Setelah Ferry, giliran saksi Dayan Sutomo memberi keterangan. Dayan mengaku diberi hadiah Rp 500 juta karena berhasil mempertemukan pimpinan PT ACR dengan pihak Bank Sumut terkait pengajuan kredit sebesar Rp 35 miliar. Hadiah itu diberikan Antona, staf Mujianto selaku Direktur PT ACR. Sedangkan dari PT KAYA, ia mengaku diberi sebuah rumah karena mempertemukan Canakya Suman (Direktur PT KAYA) dengan pejabat analis BTN, Aditya Nugroho, hingga mulus mengajukan kredit. Pemberian hadiah rumah itu dibungkus dengan akta jual beli.
“Saya diberi rumah berikut sertifikatnya. Hadiah itu dibuat akta jual beli seolah-olah saya telah membeli. Padahal itu hadiah,” aku Dayan di hadapan majelis hakim dipimpin Immanuel Tarigan. Selain itu, Dayan juga mengaku telah memberikan uang Rp 100 juta kepada Ferry sebagai hadiah memuluskan kredit PT KAYA. “Hadiah uang itu saya berikan di depan Canakya Suman di Hotel Emeral saat makan malam bersama,” jelas Dayan.
Keterangan Dayan itu langsung dipertanyakan hakim Immanuel Tarigan kepada saksi Canakya Suman yang dihadirkan secara virtual. “Tidak benar itu majelis hakim. Soal satu sertifikat itu, kami proses jual beli. Bukan saya berikan. Soal 100 juta itu juga, tidak benar itu. Dia ada hutang 100 juta, (pemberian) itu mungkin hanya inisiatif Dayan sendiri,” jawab Canakya menjawab hakim Immanuel Tarigan.
Hakim Immanuel tidak langsung percaya dengan jawaban Canaknya yang kerap berbelit-belit saat memberi kesaksian. “Anda yang jujur. Tadi Dayan sudah menjelaskan. Jangan anda berbohong. Anda tahukan, ada sudah disumpah, nanti bisa-bisa dikenakan berbohong memberi keterangan,” tegas Immanuel. Tapi Canakya tetap bersikukuh membantah.

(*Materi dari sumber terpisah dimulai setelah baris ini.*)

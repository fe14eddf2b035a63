//! A whole dry run.
ghost use Rattle.std.specs.Prelude.{◌≡◌, [], IfOk};
ghost use Rattle.mk_child.specs.declared.halt.Halt.TheVariants as halts;
ghost use Rattle.mk_decision.specs.Makers.{work_on};
ghost use Rattle.mk_dry.specs.DryRuns.{IsDryRun};
ghost use Rattle.mk_dry.specs.Parts.{GoingFrom, IsAlone, IsGoneTo, Origin, PassesAll, point};
ghost use Rattle.mk_dry.specs.Progress.{EndedAt, IsFirstCourse};
ghost use Rattle.mk_trace.specs.Builds.{moment};
ghost use Rattle.mk_trace.specs.Ends.{EndsBy, result_of};
ghost use Rattle.mk_trace.specs.declared.result.BuildResult.TheVariants as ended;
ghost use Rattle.mk_world.specs.Causes.{HasCause};

use crate::course::Course;
use crate::node::{is_stopped_by, pass_node};
use mk_bytes::NoMemory;
use mk_child::Halt;
use mk_flags::Flags;
use mk_graph::Made;
use mk_plan::{NodeState, Plan};
use mk_trace::{BuildEnd, BuildResult, Events, Failure};
use mk_world::{Kids, Sink, World};
use std::alloc::Global;

// Goes through all nodes in order, up to a failure that stops the run.
fn pass_all<W: World, S: Sink>(
    alloc: Global,
    made: &Made,
    flags: &Flags,
    world: &mut W,
    out: &mut S,
    kids: &mut Kids<W::Kid>,
    course: &mut Course,
) -> Result<(), Halt>
    requires alone { IsAlone (W.runs world.old) kids.old.tickets kids.old.room }
    requires gone { IsGoneTo made.now flags.now course.old 0 }
    ensures goes { PassesAll W.meaning made.now flags.now
        (point (W.history world.old) (S.held out.old) course.old)
        (point (W.history world.new) (S.held out.new) course.new) result }
    ensures world_cause { HasCause halts.World (W.faults world.old) (W.faults world.new) result }
    ensures sink_cause { HasCause halts.Sink (S.faults out.old) (S.faults out.new) result }
    ensures children { W.runs world.new kids.new.tickets }
{
    let mut node = 0;
    'nodes: while node < course.plan.len() && !is_stopped_by(flags, &course.failure) {
        pass_node(alloc, made, flags, world, out, kids, course, node)?;
        node += 1;
    }
    Ok(())
}

// The end of a dry run that is over, by its first failure.
fn ended_by(failure: Option<Failure>) -> BuildResult
    ensures { result ≡ result_of failure }
{
    match failure {
        Some(failure) => BuildResult::from(failure),
        None => BuildResult::Done,
    }
}

// Goes through all nodes, and gives the end of the dry run.
fn run_to_end<W: World, S: Sink>(
    alloc: Global,
    made: &Made,
    flags: &Flags,
    world: &mut W,
    out: &mut S,
    kids: &mut Kids<W::Kid>,
    course: &mut Course,
) -> BuildResult
    requires alone { IsAlone (W.runs world.old) kids.old.tickets kids.old.room }
    requires gone { IsGoneTo made.now flags.now course.old 0 }
    ensures ended { (from : Origin) → GoingFrom W.meaning made.now flags.now 0
        (point (W.history world.old) (S.held out.old) course.old) from
        → EndedAt W.meaning from.start result from.first
        (moment (W.history world.new) (S.held out.new) course.new.events.items) }
    ensures world_cause { EndsBy ended.World (W.faults world.old) (W.faults world.new) result }
    ensures sink_cause { EndsBy ended.Sink (S.faults out.old) (S.faults out.new) result }
    ensures children { W.runs world.new kids.new.tickets }
{
    match pass_all(alloc, made, flags, world, out, kids, course) {
        Ok(()) => ended_by(course.failure.take()),
        Err(halt) => BuildResult::from(halt),
    }
}

// The start of a dry run.
fn new_course(alloc: Global, plan: Plan) -> Result<Course, NoMemory>
    ensures { IfOk result (λ course. IsFirstCourse plan course) }
{
    let many = plan.len() as usize;
    let nodes = vec![in alloc; NodeState::Undecided; many];
    match nodes {
        Ok(nodes) => Ok(Course {
            nodes,
            plan,
            events: Vec::new(alloc),
            failure: None,
        }),
        Err(fault) => {
            drop(plan);
            Err(NoMemory::from(fault))
        }
    }
}

// The report of a dry run.
fn events_of(course: Course) -> Events
    ensures { result ≡ course.events.items }
{
    let Course { events, plan, .. } = course;
    drop(plan);
    Events::of(events)
}

// A dry run that did not begin. Takes no memory.
fn no_memory(alloc: Global) -> BuildEnd
    ensures { result ≡ record { result = ended.NoMemory; events = [] } }
{
    BuildEnd {
        result: BuildResult::NoMemory,
        events: Events::new(alloc),
    }
}

/// Shows what a build of this plan would do. In the order of the plan each node is decided as a
/// build decides it, behind those that it waits for, and the lines of one that is out of date are
/// printed. A node that was shown counts as new for all that is made from it. Only a line with `+`
/// is started, directly behind its printing; it is waited for, and what it printed is written. Make
/// itself changes no file. Behind the first line that fails or cannot be expanded nothing more is
/// shown, or, with `-k`, nothing of what depends on it.
///
/// With a line that is not started as one that has ended well, the report's events are a cut run
/// with one job, and a legal run where the outside did not end the dry run. There is one list of
/// items, of which the events are one side, and what happened in the world, where it tells, the
/// other; each item has its reason. Standard output gains what is shown and what the children
/// print. `World` and `Sink` come only where that object's count of faults rose.
pub fn dry_run<W: World, S: Sink>(
    alloc: Global,
    plan: Plan,
    made: &Made,
    flags: &Flags,
    world: &mut W,
    out: &mut S,
) -> BuildEnd
    requires idle { W.runs world.old [] }
    ensures ran { IsDryRun W.meaning (work_on plan made.now flags.now) result.result
        (moment (W.history world.old) (S.held out.old) [])
        (moment (W.history world.new) (S.held out.new) result.events) }
    ensures world_cause { EndsBy ended.World (W.faults world.old) (W.faults world.new)
        result.result }
    ensures sink_cause { EndsBy ended.Sink (S.faults out.old) (S.faults out.new) result.result }
    ensures idle { W.runs world.new [] }
{
    let Ok(mut kids) = Kids::new(alloc, 1) else {
        drop(plan);
        return no_memory(alloc);
    };
    let Ok(mut course) = new_course(alloc, plan) else {
        kids.finish();
        return no_memory(alloc);
    };
    let result = run_to_end(alloc, made, flags, world, out, &mut kids, &mut course);
    world.abandon(&mut kids);
    kids.finish();
    BuildEnd {
        result,
        events: events_of(course),
    }
}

Dalam dakwaannya, JPU Resky Pradhana Romli membeberkan bahwa Elviera selaku notaris telah bekerja sama dengan PT BTN Kantor Cabang Medan berdasarkan Surat Perjanjian Kerja Sama Nomor: 00640/Mdn.I/LA/III/2011 tanggal 11 Maret 2011. Kontrak kerja sama itu kemudian diperpanjang lagi berdasar Perjanjian Kerja Sama Nomor: 20/PKS/MDN/II/2014 tanggal 25 Februari 2014.

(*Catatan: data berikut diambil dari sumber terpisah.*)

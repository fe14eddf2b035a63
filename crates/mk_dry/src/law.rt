//! What holds of all dry runs, beside what happens in the world.
ghost use Rattle.mk_dry.specs.TrueRuns.{DryRunsStayTrue};

/// Where meta files tell what happened before a dry run, they do so at every moment of it up to
/// which no child has changed a meta file.
pub fn dry_runs_stay_true()
    ensures { DryRunsStayTrue }
{}
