//! Dry runs: what a build would do is shown, and only lines with `+` are started (NetBSD make(1),
//! the option `-n`).
//!
//! Nodes are decided in the order of the plan, as a build with one job decides them. Of one that is
//! out of date each line is printed, and from then on it counts as new for all that is made from
//! it. Make itself changes no file.
#![tactic(auto)]

mod course;
mod law;
mod line;
mod node;
mod running;

pub use law::dry_runs_stay_true;
pub use running::dry_run;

Pada dakwaannya, Jaksa Resky mendakwa Elviera memberi bantuan, kesempatan, sarana atau keterangan yang tidak sesuai dengan keadaan dan kondisi sebenarnya kepada sejumlah pihak. Antara lain yakni eks Kepala BTN Kantor Cabang Medan Ferry Sonefille, lalu Pejabat Kredit Komersial BTN Kantor Cabang Medan R Dewo Pratoliadji dan Analisa Kredit Komersial BTN Kantor Cabang Medan Aditya Nugroho.
Kerja sama antara Elviera dan BTN Cabang Medan menyangkut pemberian kredit kepada PT KAYA. Saat itu, direktur PT KAYA dijabat oleh Canakya Suman.

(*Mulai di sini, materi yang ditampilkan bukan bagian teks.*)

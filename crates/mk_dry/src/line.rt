//! The lines of a node: each is shown, and those that always run are started.
ghost use Rattle.std.specs.Prelude.{◌≡◌, Some, true, IfOk, OnOk, OnErr};
ghost use Rattle.mk_child.specs.declared.halt.Halt.TheVariants as halts;
ghost use Rattle.mk_dry.specs.Items as spec;
ghost use Rattle.mk_dry.specs.Parts.{EndsLine, EndsLines, IsAlone};
ghost use Rattle.mk_dry.specs.Progress.{HasCome, IsAnnounced, IsPoised};
ghost use Rattle.mk_trace.specs.Builds.{moment};
ghost use Rattle.mk_world.specs.Causes.{HasCause};
ghost use Rattle.mk_world.specs.Sinks.{Gains, GainsPart};
ghost use Rattle.mk_world.specs.declared.fault.SinkFault.TheVariants.{Failed as sink_failed};

use mk_child::{Halt, Place, command, line_fails, note_failure, start_child, wait_child};
use mk_graph::Made;
use mk_plan::NodeState;
use mk_trace::{Event, Failure, put, tell};
use mk_world::{Kids, Sink, SinkFault, Task, TaskLine, Time, World, write_all};
use std::alloc::Global;

// The ticket of a child, which runs alone.
const TICKET: u32 = 1;

// Writes the text of a line and a newline, or nothing where it is empty.
fn print_line<S: Sink>(out: &mut S, line: &TaskLine) -> Result<(), SinkFault>
    ensures done { OnOk result
        (Gains (S.held out.old) (S.held out.new) (spec.shown_text (Some line.now))) }
    ensures cut { OnErr result
        (GainsPart (S.held out.old) (S.held out.new) (spec.shown_text (Some line.now))) }
    ensures cause { HasCause sink_failed (S.faults out.old) (S.faults out.new) result }
{
    if line.text.is_empty() {
        return Ok(());
    }
    write_all(out, &[line.text.bytes(), b"\n"])
}

// Whether a dry run starts a line.
fn is_started(line: &TaskLine) -> bool
    ensures { result ≡ spec.is_started line.now }
{
    line.always && !line.text.is_empty()
}

// Starts a line that was announced, waits for its child, and writes what that has printed. Gives
// its status.
fn run_line<W: World, S: Sink>(
    alloc: Global,
    made: &Made,
    world: &mut W,
    out: &mut S,
    kids: &mut Kids<W::Kid>,
    events: &mut Vec<Event>,
    place: Place,
    line: &TaskLine,
) -> Result<u8, Halt>
    requires alone { IsAlone (W.runs world.old) kids.old.tickets kids.old.room }
    requires starts { spec.is_started line.now ≡ true }
    ensures goes { EndsLine W.meaning made.now place line.now IsAnnounced
        (moment (W.history world.old) (S.held out.old) events.old.items)
        (moment (W.history world.new) (S.held out.new) events.new.items) result }
    ensures alone { IfOk result (λ status. IsAlone (W.runs world.new) kids.new.tickets kids.new.room) }
    ensures world_cause { HasCause halts.World (W.faults world.old) (W.faults world.new) result }
    ensures sink_cause { HasCause halts.Sink (S.faults out.old) (S.faults out.new) result }
    ensures children { W.runs world.new kids.new.tickets }
{
    let cmd = command(alloc, line, made.scopes.cwd(), &made.mode.exports)?;
    let started = start_child(alloc, world, kids, events, place, TICKET, Time(0), &cmd);
    drop(cmd);
    started?;
    let ended = wait_child(alloc, world, kids, events, None)?;
    put(events, Event::End(place.node, place.number, ended.status));
    write_all(out, &[ended.output.bytes()])?;
    Ok(ended.status)
}

// Shows a line, and runs it where it always runs. Gives its status, which is 0 where it was not
// started.
fn show_line<W: World, S: Sink>(
    alloc: Global,
    made: &Made,
    world: &mut W,
    out: &mut S,
    kids: &mut Kids<W::Kid>,
    events: &mut Vec<Event>,
    place: Place,
    line: &TaskLine,
) -> Result<u8, Halt>
    requires alone { IsAlone (W.runs world.old) kids.old.tickets kids.old.room }
    ensures goes { EndsLine W.meaning made.now place line.now IsPoised
        (moment (W.history world.old) (S.held out.old) events.old.items)
        (moment (W.history world.new) (S.held out.new) events.new.items) result }
    ensures alone { IfOk result (λ status. IsAlone (W.runs world.new) kids.new.tickets kids.new.room) }
    ensures world_cause { HasCause halts.World (W.faults world.old) (W.faults world.new) result }
    ensures sink_cause { HasCause halts.Sink (S.faults out.old) (S.faults out.new) result }
    ensures children { W.runs world.new kids.new.tickets }
{
    tell(events, Event::Shown(place.node, place.number))?;
    print_line(out, line)?;
    if is_started(line) {
        return run_line(alloc, made, world, out, kids, events, place, line);
    }
    Ok(0)
}

/// Shows the lines of a node in order, up to the first one that fails. Gives how the node then
/// stands.
pub fn show_lines<W: World, S: Sink>(
    alloc: Global,
    made: &Made,
    world: &mut W,
    out: &mut S,
    kids: &mut Kids<W::Kid>,
    events: &mut Vec<Event>,
    failure: &mut Option<Failure>,
    node: u32,
    task: &Task,
) -> Result<NodeState, Halt>
    requires alone { IsAlone (W.runs world.old) kids.old.tickets kids.old.room }
    ensures goes { EndsLines W.meaning made.now node task.now.lines failure.old failure.new
        (moment (W.history world.old) (S.held out.old) events.old.items)
        (moment (W.history world.new) (S.held out.new) events.new.items) result }
    ensures stands { IfOk result (λ stands. HasCome stands failure.old failure.new) }
    ensures alone { IfOk result (λ stands. IsAlone (W.runs world.new) kids.new.tickets kids.new.room) }
    ensures world_cause { HasCause halts.World (W.faults world.old) (W.faults world.new) result }
    ensures sink_cause { HasCause halts.Sink (S.faults out.old) (S.faults out.new) result }
    ensures children { W.runs world.new kids.new.tickets }
{
    let mut done = 0;
    'lines: while (done as usize) < task.lines.len() {
        let line = task.lines.get(done as usize);
        done += 1;
        let place = Place { node, number: done };
        let status = show_line(alloc, made, world, out, kids, events, place, line)?;
        if line_fails(line, status) {
            note_failure(failure, Failure::JobFailed(node, done, status));
            return Ok(NodeState::Failed);
        }
    }
    Ok(NodeState::Settled)
}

Menurut JPU Resky, Elviera membuat Akta Perjanjian Kredit Nomor 158 tanggal 27 Februari 2014 antara PT BTN Kantor Cabang Medan selaku kreditur dan PT KAYA selaku debitur. Akta itu mencantumkan agunan 93 SHGB atas nama PT ACR. Dari total agunan, sebanyak 79 SHGB di antaranya masih terikat tanggungan di Bank Sumut Cabang Tembung dan belum lunas. Elviera diduga membuat surat keterangan atau covernote nomor: 74/EA/Not/DS/II/2014 tanggal 27 Februari 2014. Surat itu menerangkan bahwa seolah-olah terdakwa sudah menerima seluruh persyaratan untuk balik nama 93 SHGB. Sehingga kredit modal kerja konstruksi kredit yasa griya (KMK-KYG) dari PT BTN Kantor Cabang Medan dapat dicairkan untuk PT KAYA.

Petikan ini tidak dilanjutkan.